Assignment: Look for the word "refused" in the records, and copy each line where it appears.

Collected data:

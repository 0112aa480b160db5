// How a transfer of the plain account begins, from what the list of chips is found to hold, and what is answered. By value: `plain` goes along the list.
#![tactic(auto)]

ghost use Rattle.std.specs.Prelude.{◌≡◌, cond, ◌+◌, ◌≤◌, length, Ok};
ghost use Rattle.sheet.specs.Parts.{part_of};
ghost use Rattle.sheet.specs.Protocol.{sent, address_byte};
ghost use Rattle.sheet.specs.Checks.{fault_of_sent};
ghost use Rattle.starts.specs.Questions.{yes};
ghost use Rattle.starts.specs.Starts.{mark_at, marks_found, check_bench, check_list, check_of, turn_at, start_of, answer_of};

use sheet::{Acknowledged, Chip, Expect, Marks, Refusal};
use turns::{BusByte, Tally, Turn};

// What a chip is asked: whether it is no chip of a part, or hears an address, or hears it and has a mark that is unknown.
#[derive(Clone, Copy)]
pub enum Question {
    Misfit(u8),
    Hears(u8),
    HighUnknown(u8),
    LowUnknown(u8),
    DeviceUnknown(u8),
}

pub fn says_yes(chip: Chip, question: Question) -> bool
    ensures { result ≡ yes question chip }
{
    let marks = chip::marks(chip);
    match question {
        Question::Misfit(part) => !chip::fits(part, chip),
        Question::Hears(address) => chip::hears(chip, address),
        Question::HighUnknown(address) => chip::hears(chip, address) & (marks.high == 1),
        Question::LowUnknown(address) => chip::hears(chip, address) & (marks.low == 1),
        Question::DeviceUnknown(address) => chip::hears(chip, address) & (marks.device == 1),
    }
}

// The address that byte 0 calls.
pub fn address(bytes: &[u8], bits: u8) -> u8
    ensures { result ≡ address_byte (sent bytes.now bits) }
{
    checks::address_byte(bytes, bits)
}

fn check_bytes(part: u8, bytes: &[u8], bits: u8, heard: bool, marks: Marks) -> Result<(), Refusal>
    ensures { result ≡ cond heard (fault_of_sent (part_of part) marks (sent bytes.now bits)) (Ok tt) }
{
    if heard {
        protocol::first_fault(part, marks, bytes, bits)
    } else {
        Ok(())
    }
}

// The part, and how many chips there are: 16, 10.
fn check_bench(part: u8, count: usize) -> Result<(), Refusal>
    ensures { result ≡ check_bench part count }
{
    checks::check_part(part)?;
    checks::unless(count <= 2 * arithmetic::limit(part), Refusal::ManyChips)
}

// What the list was found to hold: how many chips, and where the first misfit, the first that hears, and the first that hears and has each mark unknown stand, or else the count.
#[derive(Clone, Copy)]
pub struct Found {
    pub count: usize,
    pub misfit: usize,
    pub hearer: usize,
    pub high: usize,
    pub low: usize,
    pub device: usize,
}

// A mark, by where the first chip that has it unknown stands.
fn mark_at(place: usize, count: usize) -> u8
    ensures { result ≡ mark_at place count }
{
    (place < count) as u8
}

// The marks of the chips that hear.
fn marks_found(found: Found) -> Marks
    ensures { result ≡ marks_found found }
{
    Marks {
        high: mark_at(found.high, found.count),
        low: mark_at(found.low, found.count),
        device: mark_at(found.device, found.count),
    }
}

// 11, 1, 2, 19, then 7, 17 and 18.
#[tactic(auto, unfolding(sheet::specs::Checks::check_sent))]
fn check_chips(part: u8, bytes: &[u8], bits: u8, found: Found) -> Result<(), Refusal>
    ensures { result ≡ check_list part (sent bytes.now bits) found }
{
    checks::unless(
        found.count <= found.misfit,
        Refusal::ChipField(found.misfit),
    )?;
    checks::check_sent(bytes.len(), bits)?;
    check_bytes(
        part,
        bytes,
        bits,
        found.hearer < found.count,
        marks_found(found),
    )
}

fn check_transfer(part: u8, bytes: &[u8], bits: u8, found: Found) -> Result<(), Refusal>
    ensures { result ≡ check_of part (sent bytes.now bits) found }
{
    check_bench(part, found.count)?;
    check_chips(part, bytes, bits, found)
}

fn turn_at(part: u8, bytes: &[u8], bits: u8, at: usize, acknowledged: usize) -> Turn
    requires { at ≤ length bytes.now + 1 }
    ensures { result ≡ turn_at part (sent bytes.now bits) at acknowledged }
{
    let cut = bits < 8;
    Turn {
        at,
        cut,
        tally: Tally {
            acknowledged,
            last: None,
        },
        heard: BusByte {
            part,
            address: checks::address_byte(bytes, bits),
            expect: Expect::Control,
            byte: checks::byte_at(bytes, at),
            cut: cut & (bytes.len() <= at + 1),
        },
    }
}

// Refused or taken, and the turn from which the chips follow: of a refused transfer too, with nothing left, so that it is no `Result`.
#[derive(Clone, Copy)]
pub struct Start {
    pub check: Result<(), Refusal>,
    pub turn: Turn,
}

// The address is acknowledged, and the chips follow from the next byte on. Of a transfer that is refused, or that none hears, nothing is left to follow.
pub fn begin(bytes: &[u8], part: u8, bits: u8, found: Found) -> Start
    ensures { result ≡ start_of part (sent bytes.now bits) found }
{
    let check = check_transfer(part, bytes, bits, found);
    let turn = if checks::passes(check) & (found.hearer < found.count) {
        turn_at(part, bytes, bits, 1, 1)
    } else {
        turn_at(part, bytes, bits, bytes.len(), 0)
    };
    Start { check, turn }
}

pub fn answer(check: Result<(), Refusal>, tally: Tally) -> Result<Acknowledged, Refusal>
    ensures { result ≡ answer_of check tally }
{
    check?;
    Ok(Acknowledged {
        bytes: tally.acknowledged,
        last: tally.last,
    })
}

Response to this exercise:
// Refused or taken, and the turn from which the chips follow: of a refused transfer too, with nothing left, so that it is no `Result`.
// The address is acknowledged, and the chips follow from the next byte on. Of a transfer that is refused, or that none hears, nothing is left to follow.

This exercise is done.